PROBLEM: Identify each line below that contains the word "TextNamesFitting", and copy it out.

DATA EXTRACTS:
•••••

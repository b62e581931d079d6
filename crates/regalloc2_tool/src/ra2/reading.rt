//! Reads the function, the machine and the output from the program's input.

ghost use Rattle.std.specs.Prelude.{ℕ, List, Option, ◌≡◌, Some, IfOk, IfErr, IfSome};
ghost use Rattle.serde_json.specs.View.{view};
ghost use Rattle.regalloc2_function.specs.Stored.{NamesValues, output_of_stored};
ghost use Rattle.regalloc2_function.specs.Views.{machine_of, output_of};
ghost use Rattle.regalloc2_function.specs.WellFormed.{IsFramed};
ghost use Rattle.regalloc2_serialize.specs.Tables.{function_of_serializable};
ghost use Rattle.regalloc2_tool.specs.Ra2.Input.{AreGiven, IsPairAt, IsTextOf, IsTextOfPair, IsTextOfValue, TextNamesFitting, IsInputFault, IsOutputRefusal, IsPairFault};
ghost use Rattle.regalloc2_tool.specs.Ra2.Text.{input_text};

use regalloc2::serialize::{
    FromValue, SerializableFunction, StoredFault, StoredFunction, StoredOutput,
};
use regalloc2::{Function, Output, is_framed, machine_fits};
use regalloc2_text::stored_fault::number_of;
use serde_json::Value;
use std::alloc::{Allocator, Global};
use std::fmt;
use std::io::{self, Read};

/// Why the input gives nothing to allocate or to check.
#[derive(Drop)]
pub enum InputError {
    /// The input can't be read, or isn't the JSON text of a stored function.
    Unreadable,
    /// The numbers name no function.
    BadFunction(StoredFault),
    /// The machine doesn't fit the function.
    BadMachine,
    /// The numbers name no output.
    BadOutput(StoredFault),
    /// The function isn't structurally valid (`IsFramed`), so no output of it can be checked.
    NotFramed,
}

/// As `input unreadable`, `bad function 2`, `bad machine`, `bad output 3` or `not framed`.
impl fmt::Display for InputError {
    ghost output = { λ e. Some (input_text e) };

    fn fmt<W: fmt::Write>(&self, f: &mut fmt::Formatter<W>) -> fmt::Result {
        match self {
            InputError::Unreadable => write!(f, "input unreadable"),
            InputError::BadFunction(fault) => write!(f, "bad function {}", number_of(*fault)),
            InputError::BadMachine => write!(f, "bad machine"),
            InputError::BadOutput(fault) => write!(f, "bad output {}", number_of(*fault)),
            InputError::NotFramed => write!(f, "not framed"),
        }
    }
}

/// Reads a JSON value from `input`, its text.
fn value_from<A: Allocator + Copy, R: Read + Drop>(
    global: Global,
    alloc: A,
    input: R,
) -> Option<Value>
    ensures { IfSome result (λ v. IsTextOfValue (R.remaining input) (view v)) }
{
    let text = io::read_to_string(alloc, input).ok()?;
    Value::from_str(global, &text).ok()
}

/// Reads a stored function from `input`, its JSON text.
fn stored_from<A: Allocator + Copy, R: Read + Drop>(
    global: Global,
    alloc: A,
    input: R,
) -> Option<StoredFunction<A>>
    ensures { IfSome result (IsTextOf (R.remaining input)) }
{
    let value = value_from(global, alloc, input)?;
    StoredFunction::from_value(alloc, &value).ok()
}

/// Returns the function and its machine that the numbers of `stored` name. The machine fits the function.
fn fitting<A: Allocator + Copy>(
    alloc: A,
    stored: &StoredFunction<A>,
) -> Result<SerializableFunction<A>, InputError>
    ensures ok { IfOk result (λ f. (bytes : Option (List ℕ)) → IsTextOf bytes stored.now → TextNamesFitting A bytes (function_of_serializable f) (machine_of f.machine)) }
    ensures err { IfErr result (λ e. (bytes : Option (List ℕ)) → IsTextOf bytes stored.now → IsInputFault A bytes e) }
{
    let f = match SerializableFunction::from_stored(alloc, stored) {
        Ok(f) => f,
        Err(fault) => return Err(InputError::BadFunction(fault)),
    };
    if !machine_fits(&f, f.machine_env()) {
        return Err(InputError::BadMachine);
    }
    Ok(f)
}

/// Reads a function and its machine from `input`, the JSON text of a stored function. The machine fits the function.
pub fn function_from<A: Allocator + Copy, R: Read + Drop>(
    global: Global,
    alloc: A,
    input: R,
) -> Result<SerializableFunction<A>, InputError>
    ensures ok { IfOk result (λ f. TextNamesFitting A (R.remaining input) (function_of_serializable f) (machine_of f.machine)) }
    ensures err { IfErr result (IsInputFault A (R.remaining input)) }
{
    let Some(stored) = stored_from(global, alloc, input) else {
        return Err(InputError::Unreadable);
    };
    fitting(alloc, &stored)
}

/// Returns the stored function and the stored output in `value`, a JSON array of exactly these two.
fn stored_pair<A: Allocator + Copy>(
    alloc: A,
    value: &Value,
) -> Option<(StoredFunction<A>, StoredOutput<A>)>
    ensures { IfSome result (λ pair. IsPairAt (view value.now) pair.0 pair.1) }
{
    if value.get(2).is_some() {
        return None;
    }
    let (first, second) = (value.get(0)?, value.get(1)?);
    let output = StoredOutput::from_value(alloc, second).ok()?;
    let function = StoredFunction::from_value(alloc, first).ok()?;
    Some((function, output))
}

/// Reads a stored function and a stored output from `input`, the JSON text of an array of exactly these two.
fn stored_pair_from<A: Allocator + Copy, R: Read + Drop>(
    global: Global,
    alloc: A,
    input: R,
) -> Option<(StoredFunction<A>, StoredOutput<A>)>
    ensures { IfSome result (λ pair. IsTextOfPair (R.remaining input) pair.0 pair.1) }
{
    let value = value_from(global, alloc, input)?;
    stored_pair(alloc, &value)
}

/// Returns the output of `f` that the numbers of `stored` name. The function is structurally valid.
fn framed_output<A: Allocator + Copy, F: Function>(
    alloc: A,
    f: &F,
    stored: &StoredOutput<A>,
) -> Result<Output<A>, InputError>
    ensures ok { IfOk result (λ out. NamesValues stored.now × (output_of out ≡ output_of_stored stored.now) × IsFramed (F.function f.now)) }
    ensures err { IfErr result (IsOutputRefusal (F.function f.now) stored.now) }
{
    let output = match Output::from_stored(alloc, stored) {
        Ok(output) => output,
        Err(fault) => return Err(InputError::BadOutput(fault)),
    };
    if !is_framed(f) {
        return Err(InputError::NotFramed);
    }
    Ok(output)
}

/// Returns the function and its machine that the numbers of `stored` name, and the output that the numbers of
/// `stored_output` name. The function is structurally valid.
fn framed_pair<A: Allocator + Copy>(
    alloc: A,
    stored: &StoredFunction<A>,
    stored_output: &StoredOutput<A>,
) -> Result<(SerializableFunction<A>, Output<A>), InputError>
    ensures ok { IfOk result (λ pair. (bytes : Option (List ℕ)) → IsTextOfPair bytes stored.now stored_output.now →
        AreGiven A bytes (function_of_serializable pair.0) (machine_of pair.0.machine) (output_of pair.1)) }
    ensures err { IfErr result (λ e. (bytes : Option (List ℕ)) → IsTextOfPair bytes stored.now stored_output.now → IsPairFault A bytes e) }
{
    let f = match SerializableFunction::from_stored(alloc, stored) {
        Ok(f) => f,
        Err(fault) => return Err(InputError::BadFunction(fault)),
    };
    let output = framed_output(alloc, &f, stored_output)?;
    Ok((f, output))
}

/// Reads a function, its machine and an output from `input`, the JSON text of an array of exactly a stored function
/// and a stored output.
///
/// The function is structurally valid, therefore the output can be checked.
pub fn replay_from<A: Allocator + Copy, R: Read + Drop>(
    global: Global,
    alloc: A,
    input: R,
) -> Result<(SerializableFunction<A>, Output<A>), InputError>
    ensures ok { IfOk result (λ pair. AreGiven A (R.remaining input) (function_of_serializable pair.0) (machine_of pair.0.machine) (output_of pair.1)) }
    ensures err { IfErr result (IsPairFault A (R.remaining input)) }
{
    let Some((stored, stored_output)) = stored_pair_from(global, alloc, input) else {
        return Err(InputError::Unreadable);
    };
    framed_pair(alloc, &stored, &stored_output)
}
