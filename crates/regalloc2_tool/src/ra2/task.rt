//! The program's commands.

ghost use Rattle.std.specs.Prelude.{◌≡◌};
ghost use Rattle.regalloc2_tool.specs.Ra2.Words.{command_of};

/// What to do with a function.
#[derive(Clone, Copy)]
pub enum Task {
    /// To allocate registers.
    Run,
    /// To allocate registers, and to check the output.
    Check,
}

/// A command of the program.
#[derive(Clone, Copy)]
pub enum Command {
    /// A task with a stored function.
    Allocate(Task),
    /// To check a stored output of a stored function.
    Replay,
}

impl Command {
    /// Returns the command that `words` name: exactly one word, `run`, `check` or `replay`. All others are invalid.
    pub fn of(words: &[String]) -> Option<Command>
        ensures { result ≡ command_of words.now }
    {
        let [word] = words else {
            return None;
        };
        match word.as_str() {
            "run" => Some(Command::Allocate(Task::Run)),
            "check" => Some(Command::Allocate(Task::Check)),
            "replay" => Some(Command::Replay),
            _ => None,
        }
    }
}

•••••

ANSWER FOR THE TASK:
ghost use Rattle.regalloc2_tool.specs.Ra2.Input.{AreGiven, IsPairAt, IsTextOf, IsTextOfPair, IsTextOfValue, TextNamesFitting, IsInputFault, IsOutputRefusal, IsPairFault};
    ensures ok { IfOk result (λ f. (bytes : Option (List ℕ)) → IsTextOf bytes stored.now → TextNamesFitting A bytes (function_of_serializable f) (machine_of f.machine)) }
    ensures ok { IfOk result (λ f. TextNamesFitting A (R.remaining input) (function_of_serializable f) (machine_of f.machine)) }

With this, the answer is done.